# Is this dtg printing?



## getrules (Sep 14, 2009)

Hi guys, i'd like to ask about this t-shirt 

http://www.merch.com/images/crm.01.ajc.jpg

is this DTG printed?

Thanks.


----------



## equipmentzone (Mar 26, 2008)

It is hard to say with any certainty from the picture. It can be printed by a direct to garment printer or it might be screen printed. Either process would be able to give you that look.

Harry
Equipment Zone


----------



## Don-ColDesi (Oct 18, 2006)

From what I can see of the image I would think that it is neither. It looks like it was Photoshopped on to the shirt. If it is really the shirt I would guess some sort of digital process as the fades near the bottom of the image are too subtle for screen printing.


----------



## dragonknight (May 30, 2009)

Yes it is
You can see there are gradients color on the T-Shirt, only DTG printer can print gradient color or maybe like don said it is a photoshoped picture of T-Shirt


----------



## red514 (Jul 21, 2009)

It does look photo shopped on the shirt. If this was to be produced with decent quantities (several dozen units) then i'd say simulated process. There's allot of vibrant colors in that design, i haven't seen a DTG print that vibrant in color (then again i've only seen prints on black off 2 machines).


----------



## red514 (Jul 21, 2009)

Don-SWF East said:


> If it is really the shirt I would guess some sort of digital process as the fades near the bottom of the image are too subtle for screen printing.

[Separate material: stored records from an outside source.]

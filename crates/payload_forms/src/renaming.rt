//! Arguments under new names.

ghost use Rattle.std.specs.Prelude.{◌≡◌, ◌∷◌, [], map, IfOk};
ghost use Rattle.payload_forms.specs.Joined.{other};
ghost use Rattle.payload_forms.specs.Moved.{op_to};
ghost use Rattle.payload_forms.specs.Names.{input_to, renamed};

use crate::numbers::{number, number_at};
use mlir_base::{List, Memory};
use payload_ops::{Arg, StepOp};
use std::alloc::Global;

/// The new names of inputs: they stay, or stand behind others, or `count` others stand in the place of input `at`,
/// which is `value`.
#[derive(Clone, Copy)]
pub(crate) enum Inputs {
    Kept,
    After(u32),
    Spliced { at: u32, count: u32, value: Arg },
}

/// The new names of arguments: of inputs, and the new numbers of steps.
#[derive(Drop)]
pub(crate) struct Renaming<'a> {
    pub inputs: Inputs,
    pub steps: &'a [u32],
}

/// The new place of another entry, where `count` entries stand in the place of entry `at`.
fn other(at: u32, count: u32, i: u32) -> u64
    ensures { result ≡ other at count i }
{
    if i < at {
        i as u64
    } else if i == at {
        at as u64
    } else {
        count as u64 + (i as u64 - 1)
    }
}

fn behind(count: u32, i: u32) -> Result<Arg, Memory>
    ensures { IfOk result (λ a. a ≡ input_to (Inputs.After count) i) }
{
    Ok(Arg::Input(number(count as u64 + i as u64)?))
}

fn among(at: u32, count: u32, value: Arg, i: u32) -> Result<Arg, Memory>
    ensures { IfOk result (λ a. a ≡ input_to (Inputs.Spliced at count value) i) }
{
    if i == at {
        Ok(value)
    } else {
        Ok(Arg::Input(number(other(at, count, i))?))
    }
}

impl Inputs {
    fn name(self, i: u32) -> Result<Arg, Memory>
        ensures { IfOk result (λ a. a ≡ input_to self i) }
    {
        match self {
            Inputs::Kept => Ok(Arg::Input(i)),
            Inputs::After(count) => behind(count, i),
            Inputs::Spliced { at, count, value } => among(at, count, value, i),
        }
    }
}

impl<'a> Renaming<'a> {
    pub(crate) fn name(&self, arg: Arg) -> Result<Arg, Memory>
        ensures { IfOk result (λ a. a ≡ renamed self.now.inputs self.now.steps.now arg) }
    {
        match arg {
            Arg::Input(i) => self.inputs.name(i),
            Arg::Out => Ok(Arg::Out),
            Arg::Step(i) => Ok(Arg::Step(number_at(self.steps, i as usize))),
        }
    }

    fn names(&self, a: Arg, b: Arg) -> Result<(Arg, Arg), Memory>
        ensures { IfOk result (λ p. (p.0 ≡ renamed self.now.inputs self.now.steps.now a) × (p.1 ≡ renamed self.now.inputs self.now.steps.now b)) }
    {
        let a = self.name(a)?;
        let b = self.name(b)?;
        Ok((a, b))
    }

    fn terms(&self, alloc: Global, terms: &[(Arg, i64)]) -> Result<List<(Arg, i64)>, Memory>
        ensures { IfOk result (λ l. l ≡ map (λ t. (renamed self.now.inputs self.now.steps.now t.0, t.1)) terms.now) }
    {
        let mut all = List::new(alloc);
        for term in terms {
            let arg = self.name(term.0)?;
            all.push((arg, term.1))?;
        }
        Ok(all)
    }

    fn linear(&self, alloc: Global, constant: i64, terms: &[(Arg, i64)]) -> Result<StepOp, Memory>
        ensures { IfOk result (λ o. o ≡ op_to (renamed self.now.inputs self.now.steps.now) (StepOp.Linear constant terms.now)) }
    {
        let terms = self.terms(alloc, terms)?;
        Ok(StepOp::Linear { constant, terms })
    }

    fn select(&self, c: Arg, a: Arg, b: Arg) -> Result<StepOp, Memory>
        ensures { IfOk result (λ o. o ≡ op_to (renamed self.now.inputs self.now.steps.now) (StepOp.Select c a b)) }
    {
        let c = self.name(c)?;
        let (a, b) = self.names(a, b)?;
        Ok(StepOp::Select(c, a, b))
    }

    /// The operation with its arguments under their new names.
    pub(crate) fn operation(&self, alloc: Global, op: &StepOp) -> Result<StepOp, Memory>
        ensures { IfOk result (λ o. o ≡ op_to (renamed self.now.inputs self.now.steps.now) op.now) }
    {
        match op {
            StepOp::Const(n) => Ok(StepOp::Const(*n)),
            StepOp::Index(d) => Ok(StepOp::Index(*d)),
            StepOp::Captured(k) => Ok(StepOp::Captured(*k)),
            StepOp::Linear { constant, terms } => self.linear(alloc, *constant, terms.as_slice()),
            StepOp::Binary(op, a, b) => {
                let (a, b) = self.names(*a, *b)?;
                Ok(StepOp::Binary(*op, a, b))
            }
            StepOp::Compare(predicate, a, b) => {
                let (a, b) = self.names(*a, *b)?;
                Ok(StepOp::Compare(*predicate, a, b))
            }
            StepOp::Select(c, a, b) => self.select(*c, *a, *b),
            StepOp::SignExtend(a) => Ok(StepOp::SignExtend(self.name(*a)?)),
            StepOp::ZeroExtend(a) => Ok(StepOp::ZeroExtend(self.name(*a)?)),
            StepOp::Truncate(a) => Ok(StepOp::Truncate(self.name(*a)?)),
            StepOp::IndexCast(a) => Ok(StepOp::IndexCast(self.name(*a)?)),
        }
    }
}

I disagree, with a 65lpi halftone output exposed on 308 screens you can retain very fine detail (using 380 mesh you can capture even more fine detail).


----------



## PositiveDave (Dec 1, 2008)

dragonknight said:


> only DTG printer can print gradient color


I think that screenprinters can manage a gradient!


----------



## red514 (Jul 21, 2009)

dragonknight said:


> Yes it is
> You can see there are gradients color on the T-Shirt, only DTG printer can print gradient color or maybe like don said it is a photoshoped picture of T-Shirt


haha that's funny, i guess screen printers have been doing magic all this time.


----------



## zoom_monster (Sep 20, 2006)

A close up of the actual t-shirt would tell us. A shirt with this graphic could be printed with either technology

Ian


----------



## mrbigjack50 (Jun 9, 2008)

either and def. a fake shirt, took me 1 sec to figure that out


----------



## Rexx (Aug 13, 2009)

I have seen this shirt up close and it isnt as bright as the mock up. I am sure that they are screenprinted


----------



## getrules (Sep 14, 2009)

Rexx said:


> I have seen this shirt up close and it isnt as bright as the mock up. I am sure that they are screenprinted


well, thanks everyone for your opinions. And Rexx, i've seen the t-shirt as well, it really isnt that bright. i always thought it was screen printed as well, but had my doubts because of the fine detail and perfection on the print.


----------



## dragonknight (May 30, 2009)

red514 said:


> haha that's funny, i guess screen printers have been doing magic all this time.


Yes I know for that I also do a screen printing using halftoning technique from photoshop or any other graphics software but the details is far below DTG printed T-Shirt with gradient color.


----------



## dragonknight (May 30, 2009)

Oh yes forgot to mention to you Halftone IS NOT gradient


----------



## PositiveDave (Dec 1, 2008)

dragonknight said:


> Oh yes forgot to mention to you Halftone IS NOT gradient


Not necessarily...but you can do a gradient with a halftone?
Explain?
Inkjet printers simply use a stochastic dither as their halftone rather than postscript dots. You can screenprint stochastic dots as well.


----------



## susanralf (Mar 1, 2010)

looks to me like TJET


----------



## tsagain (Mar 3, 2010)

red514 said:


> I disagree, with a 65lpi halftone output exposed on 308 screens you can retain very fine detail (using 380 mesh you can capture even more fine detail).


Thanks PixelPimp, I screen printed for 13yrs and this is not hard to do screen print wise. Go Screen Printers!!!


----------



## dragonknight (May 30, 2009)

PositiveDave said:


> Not necessarily...but you can do a gradient with a halftone?
> Explain?
> Inkjet printers simply use a stochastic dither as their halftone rather than postscript dots. You can screenprint stochastic dots as well.


I didn't say I do gradient with halftone, What i was saying is you can get a gradient effect with halftone which is the result is far below DTG printed gradient even if you are using a 308 mesh screen or even 380 mesh screen


----------